Areas covered: An exhaustive search for literature relating to Enterobacteriaceae was performed using PubMed, using the following key words: Enterobacteriaceae; Klebsiella pneumoniae; Escherichia coli; antimicrobial resistance; plasmids; global epidemiology; carbapenemases (CPEs); extended spectrum β-lactamases (ESBLs) and multidrug resistance (MDR).

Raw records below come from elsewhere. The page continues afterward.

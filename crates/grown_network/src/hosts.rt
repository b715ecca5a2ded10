//! What the hosts of a grown network ask of it.
ghost use Rattle.std.specs.Prelude.{◌≡◌, ◌<◌, ◌≤◌, ◌++◌, ◌*◌, ◌+◌, IfOk, OnOk};
ghost use Rattle.grown_network.specs.Hosts.{flow_of, is_named, local_sender, named, names_of, rate_of, sender_node, sender_of, senders, senders_of, session_of, wanted_by, wants};

use crate::nodes::{NODES, home};
use crate::words::Words;
use rsvp_base::{Addr, Flow, NoMemory, Peak, Rate, Sender, Senders, Session, StyleKind};
use std::alloc::Global;
use tree_model::LocalSender;

/// A reservation that is wanted at a node, of the session of its style.
#[derive(Drop)]
pub struct Wanted {
    /// The number of the node.
    pub node: u16,
    pub style: StyleKind,
    /// Whom it names; nobody where it is a wildcard one, which is for all of the session.
    pub senders: Senders,
    pub flow: Flow,
}

/// The session of a style: 239.3.0.1/17/5004 (WF), 239.3.0.2/17/5004 (FF) or 239.3.0.3/17/5004 (SE).
pub fn session_of(style: StyleKind) -> Session
    ensures { result ≡ session_of style }
{
    let number = match style {
        StyleKind::Wild => 1,
        StyleKind::Fixed => 2,
        StyleKind::Shared => 3,
    };
    Session {
        group: Addr(0xef03_0000 + number),
        proto: 17,
        port: 5004,
    }
}

/// The flow rate/rate/inf/64/1500, of a rate of at most 16,000 bytes per second.
pub fn flow_of(rate: u64) -> Flow
    requires { (1 ≤ rate) × (rate ≤ 16000) }
    ensures { result ≡ flow_of rate }
{
    let rate = Rate::of(rate).unwrap();
    Flow::new(rate, rate, Peak::Infinite, 64, 1500).unwrap()
}

// The node of a sender of the session with this word.
fn sender_node(word: u32, i: u8) -> u16
    requires { i < 4 }
    ensures value { result ≡ sender_node word i }
    ensures within { result < 64 }
{
    ((u64::from(word) + 16 * u64::from(i)) % 64) as u16
}

// A sender of the session with this word.
fn sender_of(word: u32, i: u8) -> Sender
    requires { i < 4 }
    ensures { result ≡ sender_of word i }
{
    Sender {
        addr: home(sender_node(word, i)),
        port: 5004,
    }
}

// Adds the senders of the session of a style, with this word.
fn add_senders(all: &mut Vec<LocalSender>, style: StyleKind, word: u32) -> Result<(), NoMemory>
    ensures { OnOk result (all.new.items ≡ all.old.items ++ senders_of style word) }
{
    for i in 0..4u8 {
        all.push(LocalSender {
            node: sender_node(word, i),
            session: session_of(style),
            sender: sender_of(word, i),
        })?;
    }
    Ok(())
}

/// The senders of a seed, by session. `NoMemory`: there was no room for them.
pub fn senders(alloc: Global, seed: u64) -> Result<Vec<LocalSender>, NoMemory>
    ensures { IfOk result (λ all. all.items ≡ senders seed) }
{
    let mut words = Words::new(seed);
    let mut all = Vec::new(alloc);
    add_senders(&mut all, StyleKind::Wild, words.next())?;
    add_senders(&mut all, StyleKind::Fixed, words.next())?;
    add_senders(&mut all, StyleKind::Shared, words.next())?;
    Ok(all)
}

// Whether a digit names sender i.
fn is_named(digit: u32, i: u8) -> bool
    requires { (digit < 16) × (i < 4) }
    ensures { result ≡ is_named digit i }
{
    digit == 0 || (digit >> i) % 2 == 1
}

// The senders that a digit names, of the session with this word.
fn named(word: u32, digit: u32) -> Senders
    requires { digit < 16 }
    ensures { result ≡ named word digit }
{
    let mut names = Senders::new();
    for i in 0..4u8 {
        if is_named(digit, i) {
            // There is room: they are four at most.
            let _ = names.insert(sender_of(word, i));
        }
    }
    names
}

// Whom a want of this style names.
fn names_of(style: StyleKind, word: u32, digit: u32) -> Senders
    requires { digit < 16 }
    ensures { result ≡ names_of style word digit }
{
    match style {
        StyleKind::Wild => Senders::new(),
        StyleKind::Fixed => named(word, digit),
        StyleKind::Shared => named(word, digit),
    }
}

// The rate that a word wants.
fn rate_of(word: u32) -> u64
    ensures value { result ≡ rate_of word }
    ensures some { 1 ≤ result }
    ensures few { result ≤ 16000 }
{
    1000 * (1 + u64::from(word) / 256 % 16)
}

// Adds what a word makes a node want of the session of this style, with that word of its own, if anything.
fn add_wanted(
    all: &mut Vec<Wanted>,
    style: StyleKind,
    session: u32,
    node: u16,
    word: u32,
) -> Result<(), NoMemory>
    ensures { OnOk result (all.new.items ≡ all.old.items ++ wanted_by style session node word) }
{
    if word % 4 == 0 {
        return Ok(());
    }
    let wanted = Wanted {
        node,
        style,
        senders: names_of(style, session, word / 16 % 16),
        flow: flow_of(rate_of(word)),
    };
    if all.push(wanted).is_err() {
        return Err(NoMemory);
    }
    Ok(())
}

/// What is wanted by a seed, by node and session. `NoMemory`: there was no room for it.
pub fn wants(alloc: Global, seed: u64) -> Result<Vec<Wanted>, NoMemory>
    ensures { IfOk result (λ all. all.items ≡ wants seed) }
{
    let mut words = Words::new(seed);
    let wild = words.next();
    let fixed = words.next();
    let shared = words.next();
    let mut all = Vec::new(alloc);
    for node in 0..NODES {
        add_wanted(&mut all, StyleKind::Wild, wild, node, words.next())?;
        add_wanted(&mut all, StyleKind::Fixed, fixed, node, words.next())?;
        add_wanted(&mut all, StyleKind::Shared, shared, node, words.next())?;
    }
    Ok(all)
}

Expert opinion: Enterobacteriaceae are inhabitants of intestinal flora and spread easily among humans (via hand carriage, contaminated food or water or environmental sources). Antimicrobial resistance may develop via plasmids, transposons or other mobile resistance elements. Mutations conferring resistance typically increase over time; the rate of increase is amplified by selection pressure from antibiotic use. Factors that enhance spread of antimicrobial resistance include: crowding; lack of hygiene; overuse and over-the-counter use of antibiotics; tourism; refugees and international travel. Clonal spread of resistant organisms among hospitals, geographic regions and continents has globally fueled the explosive rise in resistance. The emergence and widespread dissemination of MDR clones containing novel resistance elements (particularly ESBLs and CPEs) has greatly limited therapeutic options. In some cases, infections due to MDR Enterobacteriaceae are untreatable with existing antimicrobial agents. The authors discuss current and future therapeutic options for difficult-to-treat infections due to these organisms.